Classroom tragedy
WAKEFIELD, Trelawny — Tears flowed freely down the cheeks of grief-stricken teachers and students at Wakefield Primary and Infant School on Wednesday morning as they mourned the sudden passing of eight-year-old grade three student Alexia Drummond, who fell ill at the school after the lunch break on Tuesday.
Little Alexia died late Tuesday afternoon at Cornwall Regional Hospital, shortly after she was transferred from Falmouth Public General Hospital.
On Wednesday, when the Jamaica Observer visited the school, Alexia’s parents, Patricia and Omar Drummond, who were on the compound, were too shaken to speak to reporters. They were ushered into a classroom where they were comforted by members of the school community and visiting guidance counsellors.
A bereaved Sheryl Chisholm, Alexia’s class teacher, recounted that shortly after resumption of classes following the lunch break she was walking through the class while reviewing a lesson when she spotted Alexia slumped on the floor, unresponsive.
“While in the class I was going over a topic which I did before lunch. I realised that some of the students did not fully grasp the lesson [so] before I decided to move on I decided ‘Let me review what I did,’ so I went to the chalkboard — everyone was seated — and started reviewing.
“I don’t know if it’s God who sent me to walk to her side first, so when I reached up I saw her on the ground. I said, ‘Alexia, why are you lying on the ground?’ I did not hear her respond so I said, ‘Get up, Alexia,’ [and] she did not move so I bent over where I saw her on the ground. Vomit was on the ground.
“So I grabbed her quickly and shouted for the other teacher and he came, and we lifted her up and we went to the staff room. Other teachers came and we rushed [her] to the Wakefield Medical Centre with a vice-principal and a caregiver, then to Falmouth Public General Hospital, [and] from Falmouth to Cornwall Regional Hospital. The guidance counsellor went with them,” recounted Chisholm.
She told the Observer that it was the first in her 25 years in the classroom she had ever experienced such tragedy.
Chisholm said she could not sleep throughout Tuesday night and that the incident has left her young charges traumatised.

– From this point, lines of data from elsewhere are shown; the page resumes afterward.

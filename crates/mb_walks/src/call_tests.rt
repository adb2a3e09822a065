//! Single calls. Their numbers are those of a fresh volume of 100 blocks and 16 inodes, whose files can hold 96 blocks.

ghost use Rattle.mb_kinds.specs.Texts.{IsPath};

use crate::walk::{SUPER, Walk, creat, path, write};
use mb_kinds::{Call, Cred, Errno, How, Reply, Stat, Whence};
use mb_tree::{Body, Map};
use std::alloc::{AllocError, Global};
use std::process::Abort;
use std::test::Fail;

fn open(alloc: Global, text: &[u8]) -> Result<Call, AllocError>
    requires { IsPath text.now }
{
    Ok(Call::Open {
        path: path(alloc, text)?,
        how: How::Reading,
    })
}

fn stat(alloc: Global, text: &[u8]) -> Result<Call, AllocError>
    requires { IsPath text.now }
{
    Ok(Call::Stat {
        path: path(alloc, text)?,
    })
}

fn unlink(alloc: Global, text: &[u8]) -> Result<Call, AllocError>
    requires { IsPath text.now }
{
    Ok(Call::Unlink {
        path: path(alloc, text)?,
    })
}

fn mkdir(alloc: Global, text: &[u8]) -> Result<Call, AllocError>
    requires { IsPath text.now }
{
    Ok(Call::Mkdir {
        path: path(alloc, text)?,
        mode: 0o755,
    })
}

fn rmdir(alloc: Global, text: &[u8]) -> Result<Call, AllocError>
    requires { IsPath text.now }
{
    Ok(Call::Rmdir {
        path: path(alloc, text)?,
    })
}

fn chdir(alloc: Global, text: &[u8]) -> Result<Call, AllocError>
    requires { IsPath text.now }
{
    Ok(Call::Chdir {
        path: path(alloc, text)?,
    })
}

/// The first caller writes one byte at the start of a part of descriptor 3's file.
fn expect_part<R: Abort>(rt: &R, walk: &mut Walk, part: u16, want: Reply) {
    let seek = Call::Lseek {
        fd: 3,
        offset: 512 * i32::from(part),
        whence: Whence::Start,
    };
    let start = Reply::Num(512 * u32::from(part));
    walk.expect(rt, 0, Ok(seek), None, start);
    walk.expect(rt, 0, write(walk.heap, 3, b"x"), None, want);
}

/// What stat tells of a regular file with these numbers, owned by uid 0.
fn regular(ino: u16, mode: u16, size: u32, atime: u32, mtime: u32) -> Reply {
    Reply::Info(Stat {
        ino,
        mode,
        nlink: 1,
        uid: 0,
        gid: 0,
        size,
        atime,
        mtime,
        ctime: mtime,
    })
}

#[test]
fn second_descriptor_reads_from_the_start(rt: HostRuntime) -> Result<(), Fail> {
    let heap = rt.alloc();
    let mut walk = Walk::fresh(heap, &[SUPER])?;
    walk.expect(&rt, 0, creat(heap, b"/f", 0o644), Some(3), Reply::Num(3));
    walk.expect(&rt, 0, write(heap, 3, b"hi"), None, Reply::Num(2));
    walk.expect(&rt, 0, open(heap, b"/f"), None, Reply::Num(4));
    walk.expect_bytes(&rt, 4, 9, b"hi");
    walk.expect_bytes(&rt, 4, 9, b"");
    walk.expect(
        &rt,
        0,
        Ok(Call::Lseek {
            fd: 4,
            offset: 1000,
            whence: Whence::Start,
        }),
        None,
        Reply::Num(1000),
    );
    walk.expect_bytes(&rt, 4, 9, b"");
    walk.expect(&rt, 0, Ok(Call::Close { fd: 3 }), None, Reply::Num(0));
    walk.expect(&rt, 0, Ok(Call::Exit), None, Reply::Num(0));
    Ok(())
}

#[test]
fn largest_offset_costs_five_blocks(rt: HostRuntime) -> Result<(), Fail> {
    let heap = rt.alloc();
    let mut walk = Walk::fresh(heap, &[SUPER])?;
    let last = Call::Lseek {
        fd: 3,
        offset: 1_082_201_087,
        whence: Whence::Start,
    };
    walk.expect(&rt, 0, creat(heap, b"/f", 0o644), Some(3), Reply::Num(3));
    walk.expect(&rt, 0, Ok(last), None, Reply::Num(1_082_201_087));
    walk.expect(&rt, 0, write(heap, 3, b"x"), None, Reply::Num(1));
    walk.expect(
        &rt,
        0,
        write(heap, 3, b"y"),
        None,
        Reply::Refused(Errno::EFBIG),
    );
    walk.expect(
        &rt,
        0,
        stat(heap, b"/f"),
        None,
        regular(3, 0o100644, 1_082_201_088, 1, 3),
    );
    assert_eq!(rt; walk.held()?, 5);
    Ok(())
}

#[test]
fn full_disk_is_refused_until_a_file_is_dropped(rt: HostRuntime) -> Result<(), Fail> {
    let heap = rt.alloc();
    let bytes = [65; 48128].as_slice();
    let mut walk = Walk::fresh(heap, &[SUPER])?;
    walk.expect(&rt, 0, creat(heap, b"/f", 0o644), Some(3), Reply::Num(3));
    walk.expect(&rt, 0, write(heap, 3, bytes), None, Reply::Num(48128));
    walk.expect(&rt, 0, creat(heap, b"/g", 0o644), Some(4), Reply::Num(4));
    walk.expect(
        &rt,
        0,
        write(heap, 4, bytes),
        None,
        Reply::Refused(Errno::ENOSPC),
    );
    walk.expect(&rt, 0, Ok(Call::Close { fd: 3 }), None, Reply::Num(0));
    walk.expect(&rt, 0, unlink(heap, b"/f"), None, Reply::Num(0));
    walk.expect(&rt, 0, write(heap, 4, bytes), None, Reply::Num(48128));
    assert_eq!(rt; walk.held()?, 96);
    Ok(())
}

#[test]
fn freed_inode_is_used_again(rt: HostRuntime) -> Result<(), Fail> {
    let heap = rt.alloc();
    let mut walk = Walk::fresh(heap, &[SUPER])?;
    walk.expect(&rt, 0, creat(heap, b"/x", 0o644), Some(3), Reply::Num(3));
    walk.expect(&rt, 0, creat(heap, b"/y", 0o644), Some(4), Reply::Num(4));
    walk.expect(&rt, 0, Ok(Call::Close { fd: 3 }), None, Reply::Num(0));
    walk.expect(&rt, 0, unlink(heap, b"/x"), None, Reply::Num(0));
    walk.expect(&rt, 0, creat(heap, b"/z", 0o600), Some(3), Reply::Num(3));
    walk.expect(
        &rt,
        0,
        stat(heap, b"/y"),
        None,
        regular(4, 0o100644, 0, 2, 2),
    );
    walk.expect(
        &rt,
        0,
        stat(heap, b"/z"),
        None,
        regular(3, 0o100600, 0, 5, 5),
    );
    Ok(())
}

#[test]
fn unlinked_file_is_read_while_it_is_open(rt: HostRuntime) -> Result<(), Fail> {
    let heap = rt.alloc();
    let mut walk = Walk::fresh(heap, &[SUPER])?;
    walk.expect(&rt, 0, creat(heap, b"/f", 0o644), Some(3), Reply::Num(3));
    walk.expect(&rt, 0, open(heap, b"/f"), None, Reply::Num(4));
    walk.expect(&rt, 0, unlink(heap, b"/f"), None, Reply::Num(0));
    walk.expect(&rt, 0, write(heap, 3, b"lost"), None, Reply::Num(4));
    walk.expect_bytes(&rt, 4, 8, b"lost");
    walk.expect(&rt, 0, Ok(Call::Close { fd: 3 }), None, Reply::Num(0));
    walk.expect(&rt, 0, Ok(Call::Close { fd: 4 }), None, Reply::Num(0));
    walk.expect(&rt, 0, creat(heap, b"/g", 0o644), Some(3), Reply::Num(3));
    walk.expect(
        &rt,
        0,
        Ok(Call::Fstat { fd: 3 }),
        None,
        regular(3, 0o100644, 0, 8, 8),
    );
    Ok(())
}

#[test]
fn directories_are_refused_where_they_are_in_use(rt: HostRuntime) -> Result<(), Fail> {
    let heap = rt.alloc();
    let mut walk = Walk::fresh(heap, &[SUPER])?;
    walk.expect(
        &rt,
        0,
        creat(heap, b"/abcdefghijklmno", 0o644),
        Some(3),
        Reply::Num(3),
    );
    walk.expect(
        &rt,
        0,
        stat(heap, b"/abcdefghijklmn"),
        None,
        regular(3, 0o100644, 0, 1, 1),
    );
    walk.expect(&rt, 0, mkdir(heap, b"/d"), Some(4), Reply::Num(0));
    walk.expect(&rt, 0, creat(heap, b"/d/k", 0o644), Some(5), Reply::Num(4));
    walk.expect(
        &rt,
        0,
        rmdir(heap, b"/d"),
        None,
        Reply::Refused(Errno::EEXIST),
    );
    walk.expect(&rt, 0, mkdir(heap, b"/e"), Some(6), Reply::Num(0));
    walk.expect(&rt, 0, chdir(heap, b"/e"), None, Reply::Num(0));
    walk.expect(
        &rt,
        0,
        rmdir(heap, b"/e"),
        None,
        Reply::Refused(Errno::EBUSY),
    );
    walk.expect(
        &rt,
        0,
        rmdir(heap, b"/abcdefghijklmn"),
        None,
        Reply::Refused(Errno::ENOTDIR),
    );
    Ok(())
}

/// Whether a caller may do so with `/f`.
fn can<R: Abort>(rt: &R, walk: &mut Walk, caller: u8, bits: u8) -> bool {
    let call = match path(walk.heap, b"/f") {
        Ok(path) => Ok(Call::Access { path, bits }),
        Err(error) => Err(error),
    };
    let reply = walk.reply(caller, call, None);
    let refused = reply == Some(Reply::Refused(Errno::EACCES));
    assert!(rt;
        refused || reply == Some(Reply::Num(0)),
        "caller {caller} and bits {bits}"
    );
    !refused
}

#[test]
fn permission_tests_one_class_alone(rt: HostRuntime) -> Result<(), Fail> {
    let heap = rt.alloc();
    let callers = [
        Cred { uid: 7, gid: 8 },
        Cred { uid: 9, gid: 8 },
        Cred { uid: 9, gid: 9 },
        SUPER,
    ];
    let mut walk = Walk::fresh(heap, &callers)?;
    walk.expect(&rt, 0, creat(heap, b"/f", 0o421), Some(3), Reply::Num(3));
    for (caller, bits, want) in [
        (0, 4, true),
        (0, 2, false),
        (1, 2, true),
        (1, 4, false),
        (2, 1, true),
        (2, 2, false),
        (3, 7, true),
    ] {
        assert_eq!(rt;
            can(&rt, &mut walk, caller, bits),
            want,
            "caller {caller} and bits {bits}"
        );
    }
    Ok(())
}

#[test]
fn eighteenth_descriptor_is_refused(rt: HostRuntime) -> Result<(), Fail> {
    let heap = rt.alloc();
    let mut walk = Walk::fresh(heap, &[SUPER])?;
    for fd in 3..20 {
        walk.expect(&rt, 0, open(heap, b"/"), None, Reply::Num(fd));
    }
    walk.expect(
        &rt,
        0,
        open(heap, b"/"),
        None,
        Reply::Refused(Errno::EMFILE),
    );
    walk.expect(&rt, 0, Ok(Call::Close { fd: 7 }), None, Reply::Num(0));
    walk.expect(&rt, 0, Ok(Call::Dup { fd: 5 }), None, Reply::Num(7));
    Ok(())
}

/// What a file holds that has so many parts, from the first one on.
fn file_of(alloc: Global, count: u32) -> Result<Body, AllocError> {
    let mut parts = Map::new(alloc);
    for part in 0..count {
        parts.insert(part, [0; 512])?;
    }
    Ok(Body::Regular { size: 0, parts })
}

#[test]
fn index_blocks_begin_past_the_direct_parts(rt: HostRuntime) -> Result<(), Fail> {
    let heap = rt.alloc();
    for (parts, want) in [
        (0, 0),
        (10, 10),
        (11, 12),
        (137, 138),
        (138, 139),
        (139, 142),
        (266, 269),
        (267, 271),
        (16521, 16651),
        (16522, 16652),
        (16523, 16656),
    ] {
        assert_eq!(rt; file_of(heap, parts)?.cost(heap)?, want, "at {parts}");
    }
    Ok(())
}

#[test]
fn index_blocks_count_against_the_capacity(rt: HostRuntime) -> Result<(), Fail> {
    let heap = rt.alloc();
    for (last, next, short, enough) in [(9, 10, 3, 4), (137, 138, 5, 6), (16521, 16522, 7, 8)] {
        let mut walk = Walk::fresh(heap, &[SUPER])?;
        walk.machine.tree.cap = short;
        walk.expect(&rt, 0, creat(heap, b"/f", 0o644), Some(3), Reply::Num(3));
        expect_part(&rt, &mut walk, last, Reply::Num(1));
        expect_part(&rt, &mut walk, next, Reply::Refused(Errno::ENOSPC));
        walk.machine.tree.cap = enough;
        expect_part(&rt, &mut walk, next, Reply::Num(1));
        assert_eq!(rt; walk.held()?, u128::from(enough), "past part {last}");
    }
    Ok(())
}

“The students are crying, I cried. It is very tough. It”s the first I am seeing something like this. It’s hard, tough. They [students] are sad, they are crying. It’s very tough,” said Chisholm.
Speaking during devotion on Wednesday, a devastated Michael James, the school’s principal, sought to comfort the students and the rest of the school population.
“We have lost one of our princesses, one of our [prospective] doctors,” he said, his voice cracking, face etched in grief.
After devotion James broke down during an interview with reporters in his office.
He revealed that it was déjà vu for the school which is still reeling from the July death of Makeal Senior, who was a classmate of Alexia.
“Makeal, who would have been a third-grade student, died during the summer holidays,” the distraught principal explained.
But while heartbroken by the deaths of Alexia and Makeal, James is encouraged that a grade five student who fell ill last week has managed to overcome her illness.
“Last Thursday one child from grade five, she was coming down the staircase, walking casually, didn’t feel well, and she fainted. I took her straight to the Falmouth hospital at the time, after contacting the parents and taking relatives with me. During the journey she passed out twice. While the caregiver was trying to assist her, she passed out again. She is back at school now. I am giving God thanks for that,” said James.
Alexia was described as a quiet, diligent, and disciplined student.
“She was a very quiet, hard-working student. Never received a [report] of her being involved in any fight,” James said.
Her class teacher echoed that view.
“She’s very quiet, kind. She doesn’t give trouble [and] she didn’t talk a lot. She did not come to me and say, ‘Miss, I am not feeling well’; she lined up and she came inside like everybody else. There was no sign of illness on Alexia, none. It was so shocking,” Chisholm bemoaned.
Pastor Andre Sinclair of Reid’s Friendship District of Seventh-day Adventists, prayed for and sought to console the school population during devotion.
Seven guidance counsellors from neighbouring schools, the school”s parent-teacher association president and other stakeholders also visited the school to offer comfort.
Family and other stakeholders will now await the result of a post-mortem to determine the cause of Alexia’s death.